# Brief
In the material below, find the line containing "self.new.heap ≡ self.old.heap" and the line containing "self.new.values ≡ swap_remove", then reproduce exactly both of them and every line between, and nothing else.

==== Available data

//! A heap with a vector of its blocks, and beside each a value: a table or a cache whose entries have bytes.
ghost use Rattle.std.specs.Prelude.{◌≡◌, ◌+◌, ◌≤◌, ◌<◌, ◌++◌, ◌∷◌, [], true, false, length, slice_get, slice_set, slice_index_or, Err, IfOk, OnOk, OnErr};
ghost use Rattle.space_core.specs.Words.{write_from};

use crate::block::Event;
use crate::heap::OwnedHeap;
use crate::rows::{BlockVec, PushError};
use layer_core::Layer;
use std::alloc::Global;
use std::marker::Model;
use std::mem::replace;

/// Blocks of a heap, each with a value of `T` beside it. Contracts see the values and, in the same order, the bytes of each
/// block as a row.
///
/// That the blocks are live and share no byte is true of every such table, as of a `BlockVec`.
#[derive(Drop)]
pub struct BlockTable<L: Layer, T: Drop> {
    blocks: BlockVec<L>,
    values: Vec<T>,
}

impl<L: Layer, T: Drop> Model for BlockTable<L, T> {
    ghost use Rattle.std.specs.Prelude.{◌≡◌, length};
    ghost use Rattle.owned_heap.specs.Tables.{Table};

    ghost Value = { Table L T };

    ghost view = { λ a. record { values = a.values.items; rows = a.blocks.rows; blocks = a.blocks.blocks; heap = a.blocks.heap } };

    ghost invariant = { λ a. length a.values.items ≡ length a.blocks.rows };
}

impl<L: Layer, T: Drop> BlockTable<L, T> {
    ghost use Rattle.std.specs.Prelude.{◌==◌};
    ghost use Rattle.std.specs.List.{swap_remove};
    ghost use Rattle.owned_heap.specs.Owned.{is_refused, DeallocatesAllIn, GivesBackIn, WritesIn};
    ghost use Rattle.owned_heap.specs.Rows.{row_of, block_at, cleared, PushesIn};

    /// No entry of this heap yet.
    pub fn new(alloc: Global, heap: OwnedHeap<L>) -> BlockTable<L, T>
        ensures values { result.values ≡ [] }
        ensures rows { result.rows ≡ [] }
        ensures blocks { result.blocks ≡ [] }
        ensures heap { result.heap ≡ heap }
    {
        BlockTable {
            blocks: BlockVec::new(alloc, heap),
            values: Vec::new(alloc),
        }
    }

    /// The heap, for what it says of itself.
    pub fn heap(&self) -> &OwnedHeap<L>
        ensures { result.now ≡ self.now.heap }
    {
        self.blocks.heap()
    }

    /// How many entries there are.
    pub fn len(&self) -> usize
        ensures { result ≡ length self.now.values }
    {
        self.values.len()
    }

    /// Whether there is none.
    pub fn is_empty(&self) -> bool
        ensures { result ≡ (length self.now.values == 0) }
    {
        self.values.is_empty()
    }

    /// The values, in order.
    pub fn values(&self) -> &[T]
        ensures { result.now ≡ self.now.values }
    {
        self.values.as_slice()
    }

    /// Puts an entry with a block of `n` bytes at the end, and answers its number. What the bytes are isn't said.
    ///
    /// # Errors
    /// `Refused` where 0 bytes are asked or the root refuses, and `NoRoom` where the process has no memory for one more. The
    /// entries are as before then, and the value is gone.
    pub fn push(&mut self, n: u64, value: T) -> Result<usize, PushError>
        ensures served { OnOk result (is_refused L.model self.old.heap n ≡ false) }
        ensures refused { result ≡ Err PushError.Refused → is_refused L.model self.old.heap n ≡ true }
        ensures number { IfOk result (λ index. index ≡ length self.old.values) }
        ensures values { OnOk result (self.new.values ≡ self.old.values ++ value ∷ []) }
        ensures row { IfOk result (λ index. self.new.rows ≡ self.old.rows ++ row_of self.new.rows index ∷ []) }
        ensures size { IfOk result (λ index. length (row_of self.new.rows index) ≡ n) }
        ensures len { OnOk result (length self.new.values ≡ length self.old.values + 1) }
        ensures blocks { IfOk result (λ index. self.new.blocks ≡ self.old.blocks ++ block_at self.new.blocks index ∷ []) }
        ensures events { IfOk result (λ index. self.new.heap.events ≡ Event.Made (block_at self.new.blocks index) ∷ self.old.heap.events) }
        ensures same_values { OnErr result (self.new.values ≡ self.old.values) }
        ensures same_rows { OnErr result (self.new.rows ≡ self.old.rows) }
        ensures same_blocks { OnErr result (self.new.blocks ≡ self.old.blocks) }
        ensures same_events { OnErr result (self.new.heap.events ≡ self.old.heap.events) }
        ensures rule { PushesIn L.model self.old.heap self.new.heap n (slice_get self.new.blocks (length self.old.rows)) result }
    {
        if self.values.reserve(1).is_err() {
            return Err(PushError::NoRoom);
        }
        let index = self.blocks.len();
        self.blocks.push(n)?;
        self.values.push_reserved(value);
        Ok(index)
    }

    /// The bytes of an entry.
    pub fn bytes(&self, index: usize) -> &[u8]
        requires { index < length self.now.values }
        ensures { result.now ≡ row_of self.now.rows index }
    {
        self.blocks.bytes(index)
    }

    /// Writes all bytes of an entry.
    pub fn write(&mut self, index: usize, bytes: &[u8])
        requires inside { index < length self.old.values }
        requires size { length bytes.now ≡ length (row_of self.old.rows index) }
        ensures values { self.new.values ≡ self.old.values }
        ensures rows { self.new.rows ≡ slice_set self.old.rows index bytes.now }
        ensures blocks { self.new.blocks ≡ self.old.blocks }
        ensures only { WritesIn self.old.heap self.new.heap (block_at self.old.blocks index).block.place bytes.now }
    {
        self.blocks.write(index, bytes);
    }

    /// Writes bytes of an entry, from one of them on.
    pub fn write_at(&mut self, index: usize, at: u64, bytes: &[u8])
        requires inside { index < length self.old.values }
        requires room { at + length bytes.now ≤ length (row_of self.old.rows index) }
        ensures values { self.new.values ≡ self.old.values }
        ensures rows { self.new.rows ≡ slice_set self.old.rows index (write_from (row_of self.old.rows index) at bytes.now) }
        ensures blocks { self.new.blocks ≡ self.old.blocks }
        ensures only { WritesIn self.old.heap self.new.heap ((block_at self.old.blocks index).block.place + at) bytes.now }
    {
        self.blocks.write_at(index, at, bytes);
    }

    /// Puts another value beside a block, and answers the one that was there.
    pub fn replace(&mut self, index: usize, value: T) -> T
        requires { index < length self.old.values }
        ensures result { result ≡ slice_index_or self.old.values index result }
        ensures values { self.new.values ≡ slice_set self.old.values index value }
        ensures rows { self.new.rows ≡ self.old.rows }
        ensures blocks { self.new.blocks ≡ self.old.blocks }
        ensures heap { self.new.heap ≡ self.old.heap }
    {
        replace(&mut self.values[index], value)
    }

    /// Takes an entry off and gives its block back. The last one gets its number.
    pub fn swap_remove(&mut self, index: usize) -> T
        requires { index < length self.old.values }
        ensures value { result ≡ slice_index_or self.old.values index result }
        ensures values { self.new.values ≡ swap_remove self.old.values index result }
        ensures rows { self.new.rows ≡ swap_remove self.old.rows index [] }
        ensures len { length self.new.values + 1 ≡ length self.old.values }
        ensures blocks { self.new.blocks ≡ swap_remove self.old.blocks index (block_at self.old.blocks index) }
        ensures events { self.new.heap.events ≡ Event.Gone (block_at self.old.blocks index) ∷ self.old.heap.events }
        ensures rule { GivesBackIn L.model self.old.heap self.new.heap (block_at self.old.blocks index) }
    {
        self.blocks.swap_remove(index);
        self.values.swap_remove(index)
    }

    /// Takes all entries off and gives their blocks back: at once where the root offers that.
    pub fn clear(&mut self)
        ensures values { self.new.values ≡ [] }
        ensures rows { self.new.rows ≡ [] }
        ensures blocks { self.new.blocks ≡ [] }
        ensures events { self.new.heap.events ≡ cleared (L.model self.old.heap.root).rules.offers.all self.old.blocks self.old.heap.events }
        ensures rules { (L.model self.new.heap.root).rules ≡ (L.model self.old.heap.root).rules }
        ensures rule { (L.model self.old.heap.root).rules.offers.all ≡ true → DeallocatesAllIn L.model self.old.heap self.new.heap }
    {
        self.blocks.clear();
        self.values.clear();
    }
}
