//! A block that a heap has handed out, and what a heap remembers of its blocks.
ghost use Rattle.std.specs.Prelude.{◌≡◌, length};

use ghost_log::Log;
use layer_core::Block;
use std::marker::Model;

/// A block of a heap, which can't be copied: who gives it back has it no more.
///
/// Contracts see its place and its length, and a number that no other block of the heap has.
#[derive(Drop)]
pub struct OwnedBlock {
    block: Block,
    births: Log<()>,
}

impl Model for OwnedBlock {
    ghost use Rattle.std.specs.Prelude.{length};
    ghost use Rattle.owned_heap.specs.Ticket.{Ticket};

    ghost Value = { Ticket };

    ghost view = { λ a. record { number = length a.births.items; block = a.block } };
}

impl OwnedBlock {
    // The block that is made after so many.
    pub(crate) fn after(births: &Log<()>, block: Block) -> OwnedBlock
        ensures { result ≡ record { number = length births.now.items; block = block } }
    {
        OwnedBlock {
            block,
            births: births.again(),
        }
    }

    // The same block, for what is remembered.
    pub(crate) fn again(&self) -> OwnedBlock
        ensures { result ≡ self.now }
    {
        OwnedBlock {
            block: self.block,
            births: self.births.again(),
        }
    }

    /// Where it stands, and how long it is.
    pub fn block(&self) -> Block
        ensures { result ≡ self.now.block }
    {
        self.block
    }

    /// How many bytes it has.
    pub fn len(&self) -> u64
        ensures { result ≡ self.now.block.len }
    {
        self.block.len
    }

    /// Where it stands in the heap's memory.
    pub fn place(&self) -> u64
        ensures { result ≡ self.now.block.place }
    {
        self.block.place
    }
}

/// What happened to the blocks of a heap.
#[derive(Drop)]
pub enum Event {
    /// A block was handed out.
    Made(OwnedBlock),
    /// A block was given back.
    Gone(OwnedBlock),
    /// All blocks were given back.
    Emptied,
}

========

# Answer space
        ensures heap { self.new.heap ≡ self.old.heap }
    {
        replace(&mut self.values[index], value)
    }

    /// Takes an entry off and gives its block back. The last one gets its number.
    pub fn swap_remove(&mut self, index: usize) -> T
        requires { index < length self.old.values }
        ensures value { result ≡ slice_index_or self.old.values index result }
        ensures values { self.new.values ≡ swap_remove self.old.values index result }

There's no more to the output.